Leaf-meridian bio-inspired nanofibrous electronics with uniform distributed microgrid and 3D multi-level structure for wearable applications
Mingxu Wang, Dong Li, Jiajia Wu, Jian Shi, Qiang Gao, Chunhong Zhu, Hideaki Morikawa
Abstract
Abstract The interface between the active electronic and its osculatory target dominates the sensing response of high-sensitivity sensors. However, the interface properties are difficult to be adjusted and preserved owing to the limited strategies for surface engineering.
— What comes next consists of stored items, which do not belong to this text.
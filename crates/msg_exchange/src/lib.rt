//! The message exchange (IEEE 488.2, section 6): program messages come in parts and wait for execution, and responses
//! wait to be read.
//!
//! An [`Exchange`] is the part of a lawful device that knows no endpoint and no packet: the unfinished message or the
//! one that waits, the plain instrument with its unread output, and the log. Each call is a step of the law on that
//! part: its contract holds for every state of a device whose part this is.
#![tactic(auto)]

mod exchange;
#[cfg(test)]
mod tests;

pub use exchange::Exchange;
In this work, inspired by nature frond leaf, a spatial multi-level nanofibrous membrane with grid-like microstructure of uniform distribution was fabricated, in which carboxylated carbon nanotubes (CCNTs)/poly(3,4-ethylenedioxythiophene) (PEDOT) was modified onto the surface of grid-like polyurethane (PU) nanofiber via the combination of metal mesh template, in situ polymerization and ultrasonic treatment. Nanofibrous membrane enables a pressure sensor with high sensitivities (5.13 kPa −1 ), fast response/recovery time (80 ms and 120 ms), and ultralow detection limit of 1 Pa. In addition, as a scalable and integrable platform, we also demonstrate its multifunctional applications for electro-thermal conversion and energy harvesting. All these results indicate the proposed nanofibrous membrane may potentially be applied to next-generation wearable devices.